Most Medicaid enrollees access care through managed care plans that use private provider networks to deliver services. Nearly three-quarters (72 percent) of Medicaid enrollees are enrolled in some type of managed care (fully capitated plans or primary care case management). These plans use networks of private providers to deliver covered services to their enrollees. Medicaid managed care enrollees are largely children and families, although many states are considering enrolling elderly and disabled beneficiaries in managed care plans as well.

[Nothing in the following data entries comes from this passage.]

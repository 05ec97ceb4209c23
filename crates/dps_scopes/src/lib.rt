//! What an identifier means where it stands, and what a term says.
//!
//! The tables: the `signature` that grows, the processes that are defined so far (`definitions`), and the locals at a
//! place (`scope`, `texts`). `specs/Scopes.antt` has what an identifier means by them, `specs/Terms.antt` what a term of a
//! process says, and `specs/RuleTerms.antt` what a term of a rule says, each or the first fault of its names. `Body` is
//! a process as a file writes it, with no text for a name.
#![tactic(auto)]

mod body;
pub mod definitions;
pub mod fault;
pub mod meaning;
pub mod parts;
pub mod rule_term;
pub mod scope;
pub mod signature;
pub mod term;
#[cfg(test)]
mod tests;
pub mod texts;
mod written;

pub use body::{Body, BodyView, Channel, Step};
pub use definitions::Definition;
pub use fault::{NameCause, NameFault, NameRefusal};
pub use meaning::{Meaning, Projection};
pub use written::{Use, Written};
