//! The locals at a place of a process.
ghost use Rattle.std.specs.Prelude.{◌≡◌, ◌+◌, IfOk};
ghost use Rattle.dps_scopes.specs.Scopes.{local_count, local_named};
ghost use Rattle.dps_scopes.specs.Blocks.{blocks};

use crate::texts::Texts;
use dps_terms::NoMemory;
use std::alloc::AllocError;

/// The locals at a place of a process, by what binds them.
#[derive(Clone, Copy)]
pub enum Scope<'a> {
    /// No local.
    Outermost,
    /// A name that `new` binds.
    Fresh(&'a str, &'a Scope<'a>),
    /// Parameters, or the locals of a pattern.
    Block(&'a Texts, &'a Scope<'a>),
}

impl<'a> Scope<'a> {
    /// How many locals there are. It fails only where no `usize` holds the number, for which there is no memory.
    pub fn count(&self) -> Result<usize, NoMemory>
        ensures { IfOk result (λ n. n ≡ local_count (blocks self.now)) }
    {
        match self {
            Scope::Outermost => Ok(0),
            Scope::Fresh(_, outer) => sum(1, outer.count()?),
            Scope::Block(texts, outer) => sum(texts.count(), outer.count()?),
        }
    }

    /// The number of the innermost local with this text. It fails only where no `usize` holds the number of locals.
    pub fn find(&self, text: &str) -> Result<Option<usize>, NoMemory>
        ensures { IfOk result (λ found. found ≡ local_named (blocks self.now) text.now) }
    {
        match self {
            Scope::Outermost => Ok(None),
            Scope::Fresh(name, outer) => {
                if text == *name {
                    Ok(Some(outer.count()?))
                } else {
                    outer.find(text)
                }
            }
            Scope::Block(texts, outer) => match texts.find(text) {
                Some(number) => Ok(Some(sum(outer.count()?, number)?)),
                None => outer.find(text),
            },
        }
    }
}

/// The sum of two numbers of locals. It fails only where no `usize` holds it.
pub fn sum(first: usize, second: usize) -> Result<usize, NoMemory>
    ensures { IfOk result (λ n. n ≡ first + second) }
{
    first.checked_add(second).ok_or(AllocError)
}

Federally Mandated Services
- Ambulatory Surgery Centers
- Certified family nurse practitioner services
- Certified pediatric nurse practitioner services
- Family planning services & supplies
- Healthchek (EPSDT) program services (screening & treatment services to children younger than age 21)
- Home health services
- lnpatient hospital
- Lab & x-ray
- Medical & surgical vision services
- Medicare premium Assistance
- Non-Emergency Transportation
- Nurse midwife services
- Nursing Facility care
- Outpatient services, including those provided by Rural Health Clinics & Federally Qualified Health Centers
- Physician services
Ohio’s Optional Services
- Ambulance / ambulette
- Chiropractic services for children
- Community alcohol & drug addiction treatment
- Community mental health services
- Dental services
- Durable medical equipment & supplies
- Home and Community Waivers Based Services
- Hospice care
- lndependent psychological services for children
- lntermediate Care Facility services for people with Developmental Disabilities (ICF-DD)
- Occupational therapy
- Physical therapy
- Prescription drugs
- Private Duty Nursing
- Speech therapy
- Vision care, including eyeglasses
Ohio Medicaid offers a span of programs for older adults and people with disabilities to assist with medical expenses. These programs provide health care coverage consisting of primary and acute-care benefit packages along with long-term care. Working Ohioans with disabilities may be interested in the Medicaid Buy-In for Workers with Disabilities program.

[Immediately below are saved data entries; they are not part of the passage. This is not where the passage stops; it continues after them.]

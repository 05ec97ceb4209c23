//! Terms of rewrite rules. An identifier that is not declared is a variable.
ghost use Rattle.std.specs.Prelude.{◌≡◌, ◌≤◌, false, vec_len, IfOk, OnOk};
ghost use Rattle.dps_terms.specs.Tree.{leaf, var};
ghost use Rattle.dps_syntax.specs.Parts.{parts_of};
ghost use Rattle.dps_scopes.specs.Outcome.{Answers};
ghost use Rattle.dps_scopes.specs.Terms.{count_inner};
ghost use Rattle.dps_scopes.specs.Scopes.{declared_meaning};
ghost use Rattle.dps_scopes.specs.Growth.{GrowsByTuples, HasTextsOf};
ghost use Rattle.dps_scopes.specs.RuleTerms.{variable_number, with_variable, identifier_in_rule, first_tree, tuple_in_rule, has_more, rule_term, rule_terms};

use crate::definitions::Definitions;
use crate::fault::fault_at;
use crate::meaning::{Meaning, declared_meaning};
use crate::parts::{count_inner, has_more, is_kind};
use crate::signature::{SignatureBuilder, tuple_symbol};
use crate::term::MOST_ARGUMENTS;
use crate::texts::Texts;
use crate::{NameCause, NameRefusal};
use dps_lex::TokenKind;
use dps_syntax::{Leaf, Part};
use dps_terms::{NoMemory, PublicName, Term};
use std::alloc::{AllocError, Global};

/// A variable, by its number. A new one gets the next number.
#[tactic(auto, using(crate::proofs::Growth::for_texts))]
fn variable(alloc: Global, name: &str, variables: &mut Texts) -> Result<Term, NoMemory>
    ensures number { IfOk result (λ t. t ≡ leaf (var (variable_number variables.old name.now))) }
    ensures variables { OnOk result (variables.new ≡ with_variable variables.old name.now) }
    ensures more { HasTextsOf variables.old variables.new }
{
    match variables.find(name) {
        Some(number) => Term::var(alloc, number as u64),
        None => {
            let number = variables.count();
            variables.push(alloc, name)?;
            Term::var(alloc, number as u64)
        }
    }
}

/// A term of a rule: Term = id [ "(" [ Term { "," Term } ] ")" ] | "(" Term { "," Term } ")"
#[cycle(rule_term)]
#[tactic(auto, using(crate::proofs::Growth::for_terms))]
fn rule_term(
    alloc: Global,
    definitions: &Definitions,
    parts: &[Part],
    signature: &mut SignatureBuilder,
    variables: &mut Texts,
) -> Result<Term, NameRefusal>
    ensures found { Answers (λ t. t) (record { signature = signature.new; variables = variables.new }) result (rule_term definitions.now (parts_of parts.now) (record { signature = signature.old; variables = variables.old })) }
    ensures grown { GrowsByTuples signature.old signature.new }
    ensures more { HasTextsOf variables.old variables.new }
{
    match parts {
        [] => Ok(Term::var(alloc, 0)?),
        [Part::Inner(tree), ..] => {
            let inside = tree.parts.as_slice();
            rule_term(alloc, definitions, inside, signature, variables)
        }
        [Part::Token(leaf), rest @ ..] => {
            if is_kind(leaf, TokenKind::Identifier) {
                identified(alloc, definitions, leaf, rest, signature, variables)
            } else {
                bracketed(alloc, definitions, leaf, rest, signature, variables)
            }
        }
    }
}

/// An identifier of a rule, and the arguments behind it.
#[cycle(rule_term)]
#[tactic(auto, using(crate::proofs::Growth::for_terms))]
fn identified(
    alloc: Global,
    definitions: &Definitions,
    leaf: &Leaf,
    arguments: &[Part],
    signature: &mut SignatureBuilder,
    variables: &mut Texts,
) -> Result<Term, NameRefusal>
    ensures found { Answers (λ t. t) (record { signature = signature.new; variables = variables.new }) result (identifier_in_rule leaf.now (has_more (parts_of arguments.now)) (count_inner (parts_of arguments.now)) (rule_terms definitions.now (parts_of arguments.now)) (record { signature = signature.old; variables = variables.old }) (declared_meaning signature.old definitions.now leaf.now.text)) }
    ensures grown { GrowsByTuples signature.old signature.new }
    ensures more { HasTextsOf variables.old variables.new }
{
    let count = count_inner(arguments);
    match declared_meaning(definitions, &*signature, leaf.text.as_str()) {
        Meaning::Name(number, private) => {
            if count != 0 {
                return fault_at(NameCause::WrongArity, leaf);
            }
            if private {
                return fault_at(NameCause::PrivateInRule, leaf);
            }
            Ok(Term::public(alloc, PublicName::Declared(number))?)
        }
        Meaning::Function(sym, arity) => {
            if count != arity as usize || MOST_ARGUMENTS < count {
                return fault_at(NameCause::WrongArity, leaf);
            }
            let arguments = rule_terms(alloc, definitions, arguments, signature, variables)?;
            Ok(Term::app(alloc, sym, arguments)?)
        }
        Meaning::Process(_, _) => fault_at(NameCause::WrongKind, leaf),
        Meaning::Local(_) | Meaning::Projection(_) | Meaning::Unknown => {
            if has_more(arguments) {
                return fault_at(NameCause::UnknownName, leaf);
            }
            Ok(variable(alloc, leaf.text.as_str(), variables)?)
        }
    }
}

/// Brackets round one term are nothing, and round several they are a tuple.
#[cycle(rule_term)]
#[tactic(auto, using(crate::proofs::Growth::for_brackets))]
fn bracketed(
    alloc: Global,
    definitions: &Definitions,
    leaf: &Leaf,
    members: &[Part],
    signature: &mut SignatureBuilder,
    variables: &mut Texts,
) -> Result<Term, NameRefusal>
    ensures found { Answers (λ t. t) (record { signature = signature.new; variables = variables.new }) result (tuple_in_rule (count_inner (parts_of members.now)) (rule_terms definitions.now (parts_of members.now)) (record { signature = signature.old; variables = variables.old }) leaf.now) }
    ensures grown { GrowsByTuples signature.old signature.new }
    ensures more { HasTextsOf variables.old variables.new }
{
    let count = count_inner(members);
    if count <= 1 {
        let members = rule_terms(alloc, definitions, members, signature, variables)?;
        return Ok(first_of(alloc, members)?);
    }
    if MOST_ARGUMENTS < count {
        return fault_at(NameCause::LargeArity, leaf);
    }
    let sym = tuple_symbol(alloc, signature, count as u32)?;
    let members = rule_terms(alloc, definitions, members, signature, variables)?;
    Ok(Term::app(alloc, sym, members)?)
}

/// The first of some terms.
fn first_of(alloc: Global, terms: Vec<Term>) -> Result<Term, NoMemory>
    ensures { IfOk result (λ t. t ≡ first_tree terms.items) }
{
    match terms.into_iter().next() {
        Some(first) => Ok(first),
        None => Term::var(alloc, 0),
    }
}

/// The terms in a row, between signs. A variable that is new is added to the variables, and the symbols of a tuple that is
/// new to the signature. The error is the first fault of their names, or out of memory.
#[cycle(rule_term)]
#[tactic(auto, using(crate::proofs::Rows::for_rows, crate::proofs::Growth::for_rows))]
pub fn rule_terms(
    alloc: Global,
    definitions: &Definitions,
    parts: &[Part],
    signature: &mut SignatureBuilder,
    variables: &mut Texts,
) -> Result<Vec<Term>, NameRefusal>
    ensures count { IfOk result (λ v. vec_len v ≡ count_inner (parts_of parts.now)) }
    ensures found { Answers (λ v. v.items) (record { signature = signature.new; variables = variables.new }) result (rule_terms definitions.now (parts_of parts.now) (record { signature = signature.old; variables = variables.old })) }
    ensures grown { GrowsByTuples signature.old signature.new }
    ensures more { HasTextsOf variables.old variables.new }
{
    let mut found = Vec::new(alloc);
    for part in parts {
        let Part::Inner(tree) = part else {
            continue;
        };
        let parts = tree.parts.as_slice();
        let term = rule_term(alloc, definitions, parts, signature, variables)?;
        found.push(term)?;
    }
    Ok(found)
}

Medicaid for the Aged, Blind & People with Disabilities (ABD)
To qualify for ABD Medicaid, applicants must be:
- age 65 or older, or
- considered legally blind, or
- an individual with a disability (as classified by the Social Security Administration), and
- must meet basic requirements.
When applying for this type of Medicaid, proof of income, resources, age or disability, citizenship (if not a U.S. citizen) and other health insurance is required. A face-to-face interview with the local county department of job and family services is also necessary. Applicants can ask an authorized representative to apply on their behalf.